Thin Cats Calls it a Day For Retail Investors – Puts Loans in Run-Off

British p2p lending marketplace Thin Cats* announced that it will cease to offer new loans to retail investors. Thin Cats had facilitated about 556 million loans to UK business clients on its marketplace.

UPDATE: The headline has been edited compared to an earlier version to clarify that the company only stopped to offer retail p2p loans. This confusion resulted from the fact that the announcement below made no mention that the company will focus on institutional clients in future.

The Thin Cats announcement reads:

You have probably noticed that the number of new loans for investment
on the P2P platform operated by Business Loan Network Limited (BLN),
one of the ThinCats Group companies, has fallen significantly over the
last two years.

Following a thorough review, we have concluded it is no longer cost
effective and practicable to raise funds in this way, so have decided to
close the P2P platform to new business and initiate a run-off process
for existing investors.

This proposal has been discussed with the Financial Conduct Authority
(FCA) and we have made a voluntary request to the FCA that the
permissions to operate an electronic platform be closed to new business.

Our decision to initiate the ThinCats P2P Platform run-off has had the
following impacts which became effective at 12.01am on 9 December 2019.

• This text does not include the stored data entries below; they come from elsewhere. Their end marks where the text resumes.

//! Why signed data isn't read or written, by why its element isn't.

ghost use Rattle.std.specs.Prelude.{◌≡◌};
ghost use Rattle.authenticode_signature.specs.Refusals.{of_signed_data, unread, unwritten};

use authenticode_core::{AuthenticodeError, Pkcs7Error};
use der_core::DerError;
use x509_core::{CertError, Element};

/// The error for octets that aren't read as signed data.
pub(crate) fn unread(source: DerError) -> Pkcs7Error
    ensures { result ≡ unread source }
{
    match source {
        DerError::Memory => Pkcs7Error::Memory,
        source => Pkcs7Error::Cert(CertError::Asn1Deserialization {
            element: Element::Pkcs7,
            source,
        }),
    }
}

/// The error for a value that isn't written as signed data.
pub(crate) fn unwritten(source: DerError) -> Pkcs7Error
    ensures { result ≡ unwritten source }
{
    match source {
        DerError::Memory => Pkcs7Error::Memory,
        source => Pkcs7Error::Cert(CertError::Asn1Serialization {
            element: Element::Pkcs7,
            source,
        }),
    }
}

/// An error of signed data as one of a signature.
pub(crate) fn of_signature(error: Pkcs7Error) -> AuthenticodeError
    ensures { result ≡ of_signed_data error }
{
    match error {
        Pkcs7Error::Cert(error) => AuthenticodeError::CertError(error),
        Pkcs7Error::Memory => AuthenticodeError::Memory,
    }
}
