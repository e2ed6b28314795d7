//! A timestamper with one token for everything.

ghost use Rattle.std.specs.Prelude.{◌≡◌, ◌≢◌, ◌⊎◌, ◌∷◌, ◌++◌, [], ℕ, Ok, Err, IfOk, IfErr, OnOk, OnErr, MatchResult};
ghost use Rattle.der_core.specs.DerElement.{DerElement};
ghost use Rattle.der_core.specs.Encoding.{encoding, IsDer};
ghost use Rattle.der_core.specs.Reading.{IsExactFault};
ghost use Rattle.der_core.specs.Refusals.{RefusesInner, RefusesOctets};
ghost use Rattle.der_core.specs.Structure.{IsWithin};
ghost use Rattle.der_core.specs.Rules.{OrMemory};
ghost use Rattle.der_core.specs.declared.error.DerError.TheVariants as der_errors;
ghost use Rattle.der_core.specs.declared.fault.DerFault.{DerFault};
ghost use Rattle.key_core.specs.declared.element.Element.TheVariants as elements;
ghost use Rattle.x509_core.specs.CertRefusals.{IsUnwrittenCert};
ghost use Rattle.cms_types.specs.Pkcs7.{pkcs7};
ghost use Rattle.cms_types.specs.declared.signed_data.pkcs7.Pkcs7Certificate.{Pkcs7Certificate};
ghost use Rattle.authenticode_core.specs.StampRefusal.{token_refusal};
ghost use Rattle.authenticode_core.specs.declared.timestamp_error.TimestampError.TheVariants as errors;
ghost use Rattle.authenticode_signature.specs.Pkcs7.{IsPkcs7Of, signer_infos_of};
ghost use Rattle.authenticode_signature.specs.Refusals.{IsUnreadPkcs7, unread};
ghost use Rattle.authenticode_signature.specs.RequestRefusals.{IsRefusedRequest, IsRefusedToken, IsTooLong};
ghost use Rattle.authenticode_signature.specs.TimestampRequest.{asking_for, requested};
ghost use Rattle.authenticode_signature.specs.TokenStamp.{AreStamped, CountersignsBy, RefusesCountersigner, RefusesTokenStamp, joined_lists, token_modifies, with_unsigned};

use crate::pkcs7::Pkcs7;
use crate::timestamp_request::TimestampRequest;
use crate::timestamper::Timestamper;
use authenticode_core::TimestampError;
use cms_types::{
    CertificateSet, SignedData, SignerInfo, SignerValues, SignersInfos, UnsignedAttribute,
};
use der_core::{ListOf, Structure};
use sig_core::HashAlgorithm;
use std::alloc::{AllocError, Global};
use x509_core::{CertError, Element};

/// A timestamper with a fixed token, which it issues for whatever is timestamped. Whether the token
/// is one for that isn't checked.
#[derive(Debug, Drop)]
pub struct TokenTimestamper {
    token: Pkcs7,
}

impl TokenTimestamper {
    /// Reads the token of the timestamper from exactly its octets (RFC 5652 3). The errors are
    /// those of `Pkcs7::from_der`.
    pub fn from_der(alloc: Global, der: &[u8]) -> Result<TokenTimestamper, TimestampError>
        ensures answer { MatchResult result
            (λ t. IsWithin IsPkcs7Of der.now t.token.signed)
            (IsRefusedToken (IsUnreadPkcs7 (RefusesOctets IsPkcs7Of der.now))) }
        // Octets with a fault are refused with it, even when memory runs out.
        ensures faulty { (at : ℕ) (fault : DerFault) → IsExactFault der.now at fault
            → result ≡ Err
            (token_refusal (unread (der_errors.Malformed (record { at = at; fault = fault })))) }
        // An element that is no signed data is refused as such, even when memory runs out.
        ensures shapeless { (element : DerElement) → IsDer element → der.now ≡ encoding element
            → ((value : Pkcs7Certificate) → element ≢ pkcs7 value)
            → result ≡ Err (token_refusal (unread der_errors.Shape)) }
    {
        match Pkcs7::from_der(alloc, der) {
            Ok(token) => Ok(TokenTimestamper { token }),
            Err(error) => Err(TimestampError::from(error)),
        }
    }

    /// The encoding of a timestamp request for these octets, to be sent to a timestamp authority.
    /// It is refused exactly where some contents would be longer than 4,294,967,295 octets.
    pub fn request(&self, alloc: Global, digest: &[u8]) -> Result<Vec<u8>, TimestampError>
        ensures { MatchResult result
            (λ octets. (octets.items ≡ encoding (asking_for digest.now))
            × IsDer (asking_for digest.now))
            (IsTooLong (asking_for digest.now)) }
    {
        let request = TimestampRequest::new(alloc, digest)?;
        written(alloc, &request)
    }

    /// A copy of the timestamper.
    pub fn try_clone(&self, alloc: Global) -> Result<TokenTimestamper, AllocError>
        ensures { IfOk result (λ copy. copy ≡ self.now) }
    {
        Ok(TokenTimestamper {
            token: self.token.try_clone(alloc)?,
        })
    }
}

/// The encoding of the request.
fn written(alloc: Global, request: &TimestampRequest) -> Result<Vec<u8>, TimestampError>
    ensures { MatchResult result
        (λ octets. (octets.items ≡ encoding (requested request.now))
        × IsDer (requested request.now))
        (IsRefusedRequest (IsUnwrittenCert elements.TimestampRequest
        (RefusesInner (requested request.now ∷ [])))) }
{
    match request.to_der(alloc) {
        Ok(octets) => Ok(octets),
        Err(error) => Err(TimestampError::from(error)),
    }
}

impl Timestamper for TokenTimestamper {
    ghost use Rattle.authenticode_signature.specs.Facts.TokenStamps.{one_token_outcome};

    ghost gives = { λ timestamper octets hash token. token ≡ timestamper.token };

    ghost modifies = { λ timestamper. token_modifies };

    ghost faults = { λ timestamper. 0 };

    ghost one_outcome = { λ timestamper. one_token_outcome };

    fn timestamp(
        &mut self,
        alloc: Global,
        _digest: &[u8],
        _hash_algo: HashAlgorithm,
    ) -> Result<Pkcs7, TimestampError>
        ensures copied { IfOk result (λ token. token ≡ self.old.token) }
        ensures memory { IfErr result (λ e. e ≡ errors.Memory) }
        ensures same { self.new ≡ self.old }
    {
        Ok(self.token.try_clone(alloc)?)
    }

    fn modify_signed_data(
        &self,
        token: Pkcs7,
        signed_data: &mut SignedData,
    ) -> Result<(), TimestampError>
        ensures modified { OnOk result (token_modifies token signed_data.old (Ok signed_data.new)) }
        ensures refused { IfErr result
            (OrMemory errors.Memory (λ e. token_modifies token signed_data.old (Err e))) }
        ensures unchanged { OnErr result (signed_data.new ≡ signed_data.old) }
        // A missing signer on either side is reported, even when memory runs out.
        ensures empty { (signed_data.old.signers_infos ≡ []) ⊎ (signer_infos_of token ≡ [])
            → result ≡ Err errors.TimestampTokenEmpty }
    {
        let alloc = signed_data.signers_infos.allocator();
        let own = signed_data.signers_infos.as_slice();
        let signers = stamped_signers(alloc, token.signer_infos(), own)?;
        let more = &token.signed.signed_data.certificates;
        let certificates = joined_certificates(alloc, &signed_data.certificates, more)?;
        signed_data.signers_infos = signers;
        signed_data.certificates = certificates;
        Ok(())
    }
}

/// The signers, with the first countersigner added as a counter-signature to the first of them.
fn stamped_signers(
    alloc: Global,
    countersigners: &[SignerInfo],
    signers: &[SignerInfo],
) -> Result<SignersInfos, TimestampError>
    ensures stamped { MatchResult result
        (AreStamped countersigners.now signers.now)
        (OrMemory errors.Memory (RefusesTokenStamp countersigners.now signers.now)) }
    ensures empty { (signers.now ≡ []) ⊎ (countersigners.now ≡ [])
        → result ≡ Err errors.TimestampTokenEmpty }
{
    let Some((first, others)) = signers.split_first() else {
        return Err(TimestampError::TimestampTokenEmpty);
    };
    let stamp = countersignature(alloc, countersigners)?;
    let mut stamped = ListOf::new(alloc);
    stamped.push(stamped_signer(alloc, first, stamp)?)?;
    Ok(with_copies(alloc, stamped, others)?)
}

/// The first of the signers as a counter-signature.
fn countersignature(
    alloc: Global,
    signers: &[SignerInfo],
) -> Result<UnsignedAttribute, TimestampError>
    ensures made { MatchResult result
        (CountersignsBy signers.now)
        (OrMemory errors.Memory (RefusesCountersigner signers.now)) }
    ensures empty { signers.now ≡ [] → result ≡ Err errors.TimestampTokenEmpty }
{
    let Some((_first, _others)) = signers.split_first() else {
        return Err(TimestampError::TimestampTokenEmpty);
    };
    match SignerValues::from_signers(alloc, &signers[..1]) {
        Ok(values) => Ok(UnsignedAttribute::CounterSign(values)),
        Err(source) => Err(TimestampError::from(CertError::unwritten(Element::Pkcs7, source))),
    }
}

/// A copy of the signer with one more unsigned attribute.
fn stamped_signer(
    alloc: Global,
    signer: &SignerInfo,
    stamp: UnsignedAttribute,
) -> Result<SignerInfo, AllocError>
    ensures { IfOk result (λ stamped. stamped ≡ with_unsigned signer.now stamp) }
{
    let mut attributes = match &signer.unsigned_attrs {
        Some(attributes) => attributes.try_clone(alloc)?,
        None => ListOf::new(alloc),
    };
    attributes.push(stamp)?;
    let mut stamped = signer.try_clone(alloc)?;
    stamped.unsigned_attrs = Some(attributes);
    Ok(stamped)
}

/// Copies of the certificates of both, absent exactly if both are.
fn joined_certificates(
    alloc: Global,
    own: &Option<CertificateSet>,
    more: &Option<CertificateSet>,
) -> Result<Option<CertificateSet>, AllocError>
    ensures { IfOk result (λ joined. joined ≡ joined_lists own.now more.now) }
{
    match (own, more) {
        (None, None) => Ok(None),
        (None, Some(more)) => Ok(Some(more.try_clone(alloc)?)),
        (Some(own), None) => Ok(Some(own.try_clone(alloc)?)),
        (Some(own), Some(more)) => {
            let copied = own.try_clone(alloc)?;
            Ok(Some(with_copies(alloc, copied, more.as_slice())?))
        }
    }
}

/// The list with copies of the values appended.
pub(crate) fn with_copies<T: Structure>(
    alloc: Global,
    mut list: ListOf<T>,
    values: &[T],
) -> Result<ListOf<T>, AllocError>
    ensures { IfOk result (λ all. all ≡ list ++ values.now) }
{
    for value in values {
        list.push(value.try_clone(alloc)?)?;
    }
    Ok(list)
}
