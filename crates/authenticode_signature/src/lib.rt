//! Owned signed data and Authenticode signatures: reading and writing them, access to their
//! certificates, the signer's among them, and to what is signed, and timestamping them. Laws
//! on signatures by the certificates of a CA.
#![tactic(auto)]

mod alone;
mod bag;
mod builder;
mod builder_error;
mod certificates;
mod history_laws;
mod made_files;
mod making;
mod padded;
mod pkcs7;
mod refusing;
mod signature;
mod signing_certificate;
mod stamping;
mod timestamp_request;
mod timestamper;
mod token_timestamper;
mod validator;

pub use authenticode_core::{CertificateTrustList, CtlError, Pkcs7Error};
pub use builder::AuthenticodeSignatureBuilder;
pub use builder_error::AuthenticodeSignatureBuilderError;
pub use certificates::SignatureCertificatesIterator;
pub use history_laws::{histories_decide_made_signatures, histories_decide_signatures};
pub use made_files::{check_made, decode_signature, encode_signature};
pub use pkcs7::Pkcs7;
pub use signature::AuthenticodeSignature;
pub use timestamp_request::TimestampRequest;
pub use timestamper::Timestamper;
pub use token_timestamper::TokenTimestamper;
pub use validator::AuthenticodeValidator;
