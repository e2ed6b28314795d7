//! Signatures over any content, from a caller's parts.

ghost use Rattle.std.specs.Prelude.{◌≡◌, Some, None};
ghost use Rattle.names_core.specs.Names.{sets_of};
ghost use Rattle.authenticode_signature.specs.Building.{no_parts};

mod building;

use asn1_types::IntegerAsn1;
use cms_types::{EncapsulatedContentInfo, IssuerAndSerialNumber, UnsignedAttributeList};
use key_core::PrivateKey;
use name_types::Name;
use names_core::DirectoryName;
use sig_core::HashAlgorithm;
use x509_core::Cert;
use x509_types::AttributeList;

/// Builds a signature from its content, its attributes and its signer (RFC 2315 9.1, 9.2).
pub struct AuthenticodeSignatureBuilder<'a> {
    certs: Option<Vec<Cert>>,
    digest_algorithm: Option<HashAlgorithm>,
    content_info: Option<EncapsulatedContentInfo>,
    signing_key: Option<&'a PrivateKey>,
    authenticated_attributes: Option<AttributeList>,
    unsigned_attributes: Option<UnsignedAttributeList>,
    named: Option<IssuerAndSerialNumber>,
}

/// By hand, so that dropping a builder is a call: else each function that drops one is proved
/// through all its parts.
impl Drop for AuthenticodeSignatureBuilder<'_> {
    fn drop(self) {
        let AuthenticodeSignatureBuilder {
            certs: _certs,
            digest_algorithm: _digest_algorithm,
            content_info: _content_info,
            signing_key: _signing_key,
            authenticated_attributes: _authenticated_attributes,
            unsigned_attributes: _unsigned_attributes,
            named: _named,
        } = self;
    }
}

impl<'a> AuthenticodeSignatureBuilder<'a> {
    /// An empty builder.
    pub fn new() -> Self
        ensures { result ≡ no_parts }
    {
        AuthenticodeSignatureBuilder {
            certs: None,
            digest_algorithm: None,
            content_info: None,
            signing_key: None,
            authenticated_attributes: None,
            unsigned_attributes: None,
            named: None,
        }
    }

    /// The certificates, the signer's among them. The signature contains those that aren't roots.
    pub fn certs(mut self, certs: Vec<Cert>) -> Self
        ensures { result ≡ record self.entry { certs = Some certs } }
    {
        self.certs = Some(certs);
        self
    }

    /// The digest algorithm.
    pub fn digest_algorithm(mut self, digest_algorithm: HashAlgorithm) -> Self
        ensures { result ≡ record self.entry { digest_algorithm = Some digest_algorithm } }
    {
        self.digest_algorithm = Some(digest_algorithm);
        self
    }

    /// The content with its type.
    pub fn content_info(mut self, content_info: EncapsulatedContentInfo) -> Self
        ensures { result ≡ record self.entry { content_info = Some content_info } }
    {
        self.content_info = Some(content_info);
        self
    }

    /// The private key that signs.
    pub fn signing_key(mut self, signing_key: &'a PrivateKey) -> Self
        ensures { result ≡ record self.entry { signing_key = Some signing_key.entry } }
    {
        self.signing_key = Some(signing_key);
        self
    }

    /// The attributes that are signed instead of the content, in this order.
    pub fn authenticated_attributes(mut self, attributes: AttributeList) -> Self
        ensures { result ≡ record self.entry { authenticated_attributes = Some attributes } }
    {
        self.authenticated_attributes = Some(attributes);
        self
    }

    /// The unsigned attributes, in this order.
    pub fn unsigned_attributes(mut self, attributes: UnsignedAttributeList) -> Self
        ensures { result ≡ record self.entry { unsigned_attributes = Some attributes } }
    {
        self.unsigned_attributes = Some(attributes);
        self
    }

    /// The issuer and the serial number of the signer's certificate.
    pub fn issuer_and_serial_number(
        mut self,
        issuer: DirectoryName,
        serial_number: IntegerAsn1,
    ) -> Self
        ensures { result ≡ record self.entry
            { named = Some (record { issuer = sets_of issuer; serial_number = serial_number }) } }
    {
        self.named = Some(IssuerAndSerialNumber {
            issuer: Name::from(issuer),
            serial_number,
        });
        self
    }
}

/// An empty builder.
impl Default for AuthenticodeSignatureBuilder<'_> {
    ghost use Rattle.authenticode_signature.specs.Building.{no_parts};

    ghost is_default = { λ builder. builder ≡ no_parts };

    fn default() -> Self {
        AuthenticodeSignatureBuilder::new()
    }
}
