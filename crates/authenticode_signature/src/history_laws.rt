//! Laws on signatures by the certificates of a CA.

ghost use Rattle.std.specs.Prelude.{◌≡◌, ◌↔◌, ◌∷◌, [], ℕ, ℤ, List, Result, Ok, IfOk};
ghost use Rattle.asn1_types.specs.declared.generalized_time.GeneralizedTime.{GeneralizedTime};
ghost use Rattle.authenticode_core.specs.Basic.{VouchesFor};
ghost use Rattle.authenticode_core.specs.SigningRules.{IsBagOf};
ghost use Rattle.authenticode_core.specs.Trusted.{IsTrusted};
ghost use Rattle.authenticode_core.specs.declared.accepted.Accepted.{Accepted};
ghost use Rattle.authenticode_core.specs.declared.error.CheckError.{CheckError};
ghost use Rattle.authenticode_core.specs.declared.error.CheckError.TheVariants.{Memory};
ghost use Rattle.cms_types.specs.SignedDataElements.{SignedDataElements};
ghost use Rattle.der_core.specs.Rules.{AreOneUnlessMemory};
ghost use Rattle.key_core.specs.Verifying.{Judge};
ghost use Rattle.x509_core.specs.History.{IssuingStep, History, HasStep, IsDuring, AreAllowed};
ghost use Rattle.x509_core.specs.Issued.{AreCertsAt};
ghost use Rattle.x509_core.specs.OwnedCertificate.{KeptCertificate};
ghost use Rattle.x509_types.specs.CertificateElements.{CertificateElements};
ghost use Rattle.authenticode_parts.specs.Carried.{AreCarried, IsRootCertificate, elements_of};
ghost use Rattle.authenticode_signature.specs.HistorySignature.{IsSignerOf, all_checks_at, by_the_first_over};
ghost use Rattle.authenticode_signature.specs.KeptAncestors.{AreKeptOf, IsDecidedBy, IsWithAncestors};
ghost use Rattle.authenticode_signature.specs.MadeFile.{IsCheckedBy};

/// Signed data that contains a certificate of an issuing history, valid at a date, and its nearest
/// ancestors, however many and with other subjects, and vouches for the digest of a file by that
/// certificate, is trusted with all checks at the date exactly if the history allows each of these
/// ancestors then. The path that is reported is all of them, without an excuse. So `check_made` and
/// `check_wincert` accept a signature file that carries exactly these certificates exactly there, out
/// of memory aside. Of a root that isn't carried the law says nothing.
pub fn histories_decide_signatures()
    ensures trusted { (judge : Judge) (history : History) (certificates : List KeptCertificate)
        (date : GeneralizedTime) (issuers : List ℕ) (cert : KeptCertificate)
        (parents : List KeptCertificate) (now : ℤ) (file_hash : List ℕ)
        (f : SignedDataElements) (a : Accepted)
        → IsSignerOf judge history certificates date issuers cert parents
        → IsBagOf f (elements_of (cert ∷ parents)) → VouchesFor judge f file_hash 0
        → IsTrusted judge (all_checks_at date now file_hash) f a
        ↔ ((a ≡ by_the_first_over parents) × AreAllowed history date issuers) }
    ensures accepted { (judge : Judge) (history : History) (certificates : List KeptCertificate)
        (date : GeneralizedTime) (issuers : List ℕ) (cert : KeptCertificate)
        (parents : List KeptCertificate) (now : ℤ) (octets file_hash : List ℕ)
        (answer : Result Accepted CheckError)
        → IsSignerOf judge history certificates date issuers cert parents
        → IsCheckedBy judge (all_checks_at date now file_hash) (elements_of (cert ∷ parents))
        octets file_hash answer
        → IfOk answer (λ _. AreAllowed history date issuers) }
    ensures answered { (judge : Judge) (history : History) (certificates : List KeptCertificate)
        (date : GeneralizedTime) (issuers : List ℕ) (cert : KeptCertificate)
        (parents : List KeptCertificate) (now : ℤ) (octets file_hash : List ℕ)
        (answer : Result Accepted CheckError)
        → IsSignerOf judge history certificates date issuers cert parents
        → IsCheckedBy judge (all_checks_at date now file_hash) (elements_of (cert ∷ parents))
        octets file_hash answer
        → AreAllowed history date issuers
        → AreOneUnlessMemory Memory answer (Ok (by_the_first_over parents)) }
{}

/// A signature that `AuthenticodeSignature::new` makes of a certificate of an issuing history and all
/// its ancestors, no two of which have one subject, keeps the certificate, and all ancestors but the
/// root, or that too if it isn't a CA. A certificate with ancestors is no root, so `file` of `new`
/// speaks of each. At a date in the validity of the certificate `check_made` and `check_wincert`
/// accept the file with all checks exactly if the history allows each kept ancestor then, out of
/// memory aside.
pub fn histories_decide_made_signatures()
    ensures alone { (judge : Judge) (history : History) (certificates : List KeptCertificate)
        (index : ℕ) (ancestors : List ℕ) (cert : KeptCertificate)
        (parents : List KeptCertificate)
        → IsWithAncestors judge history certificates index ancestors cert parents
        → IsRootCertificate cert.elements → elements_of parents ≡ [] }
    ensures kept { (judge : Judge) (history : History) (certificates : List KeptCertificate)
        (index : ℕ) (ancestors : List ℕ) (cert : KeptCertificate)
        (parents : List KeptCertificate) (carried : List CertificateElements)
        → IsWithAncestors judge history certificates index ancestors cert parents
        → AreCarried (elements_of (cert ∷ parents)) (cert.elements ∷ carried)
        → (kept : List ℕ) × (certs : List KeptCertificate) × AreKeptOf history ancestors kept
        × AreCertsAt certificates kept certs × (carried ≡ elements_of certs) }
    ensures decided { (judge : Judge) (history : History) (certificates : List KeptCertificate)
        (index : ℕ) (step : IssuingStep) (ancestors : List ℕ) (cert : KeptCertificate)
        (parents : List KeptCertificate) (carried : List CertificateElements)
        (date : GeneralizedTime) (now : ℤ) (octets file_hash : List ℕ)
        (answer : Result Accepted CheckError)
        → IsWithAncestors judge history certificates index ancestors cert parents
        → HasStep history index step → IsDuring step date
        → AreCarried (elements_of (cert ∷ parents)) (cert.elements ∷ carried)
        → IsCheckedBy judge (all_checks_at date now file_hash) (cert.elements ∷ carried) octets
        file_hash answer
        → (kept : List ℕ) × AreKeptOf history ancestors kept
        × IsDecidedBy history date kept answer }
{}
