//! The signer's certificate, among the certificates of a caller.

ghost use Rattle.std.specs.Prelude.{◌≡◌, ◌↔◌, Some, Err, IfOk, IsTrue, MatchOption, MatchResult, slice_get, ℕ};
ghost use Rattle.authenticode_parts.specs.Carried.{elements_of};
ghost use Rattle.cms_types.specs.declared.signer_info.identifier.SignerIdentifier.TheVariants as named;
ghost use Rattle.names_core.specs.Names.{name_of_sets};
ghost use Rattle.authenticode_core.specs.Indices.{HasNoPlace, IsLeastPlace};
ghost use Rattle.authenticode_core.specs.BagSigner.{HasIssuerAndSerial};
ghost use Rattle.authenticode_signature.specs.SigningCertificate.{HasNoSigningCertificate, FirstNames, IsNamedOtherwise, IsSigningCertificate};
ghost use Rattle.authenticode_core.specs.declared.error.AuthenticodeError.{AuthenticodeError};
ghost use Rattle.authenticode_core.specs.declared.error.AuthenticodeError.TheVariants as errors;

use authenticode_core::AuthenticodeError;
use cms_types::{IssuerAndSerialNumber, SignerIdentifier, SignerInfo};
use der_core::Structure;
use name_types::Name;
use names_core::DirectoryName;
use std::alloc::{AllocError, Global};
use x509_core::Cert;

/// The first of the certificates that the first signer identifies (RFC 5652 5.3).
pub(crate) fn signing_certificate_of<'a>(
    alloc: Global,
    signers: &[SignerInfo],
    certificates: &'a [Cert],
) -> Result<&'a Cert, AuthenticodeError>
    ensures found { MatchResult result
        (λ c. IsSigningCertificate signers.now certificates.now c.now)
        (HasNoSigningCertificate signers.now certificates.now) }
    // A signer without issuer and serial number is reported before anything is allocated.
    ensures refused { (e : AuthenticodeError) → IsNamedOtherwise signers.now e → result ≡ Err e }
{
    let named = named_by_first(signers)?;
    let found = first_named(alloc, certificates, named)?;
    match found {
        Some(certificate) => Ok(certificate),
        None => Err(none_named(alloc, named)?),
    }
}

/// The issuer and the serial number of the first signer.
fn named_by_first(signers: &[SignerInfo]) -> Result<&IssuerAndSerialNumber, AuthenticodeError>
    ensures { MatchResult result
        (λ value. FirstNames signers.now (named.IssuerAndSerialNumber value.now))
        (IsNamedOtherwise signers.now) }
{
    let Some(first) = signers.first() else {
        return Err(AuthenticodeError::MultipleSignerInfo { count: 0 });
    };
    match &first.sid {
        SignerIdentifier::IssuerAndSerialNumber(named) => Ok(named),
        SignerIdentifier::SubjectKeyIdentifier(_) => {
            Err(AuthenticodeError::IncorrectSignerIdentifier)
        }
    }
}

/// The first certificate with the issuer and the serial number.
pub(crate) fn first_named<'a>(
    alloc: Global,
    certificates: &'a [Cert],
    named: &IssuerAndSerialNumber,
) -> Result<Option<&'a Cert>, AllocError>
    ensures { IfOk result (λ found. MatchOption found
        (HasNoPlace (elements_of certificates.now) (HasIssuerAndSerial named.now) 0)
        (λ c. (place : ℕ) × (slice_get certificates.now place ≡ Some c.now)
        × IsLeastPlace (elements_of certificates.now) (HasIssuerAndSerial named.now) 0 place
        c.now.elements)) }
{
    for certificate in certificates {
        if is_named(alloc, certificate, named)? {
            return Ok(Some(certificate));
        }
    }
    Ok(None)
}

/// Whether the certificate has the issuer and the serial number. The name is copied only if the
/// number is the same.
fn is_named(
    alloc: Global,
    certificate: &Cert,
    named: &IssuerAndSerialNumber,
) -> Result<bool, AllocError>
    ensures { IfOk result
        (λ is. IsTrue is ↔ HasIssuerAndSerial named.now certificate.now.elements) }
{
    if *certificate.serial_number() == named.serial_number {
        let issuer = Name::from(certificate.issuer_name(alloc)?);
        Ok(issuer == named.issuer)
    } else {
        Ok(false)
    }
}

/// The error that no certificate has the issuer and the serial number.
pub(crate) fn none_named(
    alloc: Global,
    named: &IssuerAndSerialNumber,
) -> Result<AuthenticodeError, AllocError>
    ensures { IfOk result (λ e. e ≡ errors.NoCertificatesAssociatedWithIssuerAndSerialNumber
        (name_of_sets named.now.issuer) named.now.serial_number) }
{
    let issuer = DirectoryName::from(named.issuer.try_clone(alloc)?);
    let serial_number = named.serial_number.try_clone(alloc)?;
    Ok(
        AuthenticodeError::NoCertificatesAssociatedWithIssuerAndSerialNumber {
            issuer,
            serial_number,
        },
    )
}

No new loans will be offered on the ThinCats P2P Platform
The secondary market has closed and any loan parts listed for sale at the time of closure have been cancelled
No new accounts, including ISA accounts, can be opened
No new lender deposits can be accepted

Please note that investors can continue to log in to their account(s) in
the usual way until such time as their account closes as part of the
run-off process.

Crucially all of our existing systems and controls will remain in place
to ensure investors’ interest and capital is collected when due or
otherwise actively recovered. Investors can continue to withdraw any
cash balances to their nominated bank account following the usual lender
withdrawal request process. It is no longer possible to add new funds
to your account(s), although loan repayments collected on your behalf
will continue in the normal way.

The effect on different categories of investor is detailed below:

1. Lenders holding performing loans

Lenders with status “A” loans that are performing as expected will
continue to receive interest and capital repayments in line with the
original loan schedule. We would encourage you to withdraw your cash
balances periodically.

Following the closure of the secondary market, you can no longer buy or
sell any loan parts and any loan parts currently listed for sale will be
cancelled.

For any performing loans that may subsequently become non-performing, these will be treated as described in section 2 below.

2. Lenders holding non-performing loans

For lenders with loans that are not performing in line with the original
loan schedule, we will continue to endeavour to maximise the returns to
lenders through our normal monitoring and recovery process. There will
be no additional impact from the introduction of a run-off period and we
will continue to email you with updates on specific non-performing
loans.

Once we have secured the maximum value from non-performing loans,
lenders will be asked to withdraw any remaining cash balances and close
their account.

3. Investors in Diversified Loan Portfolios (DLPs)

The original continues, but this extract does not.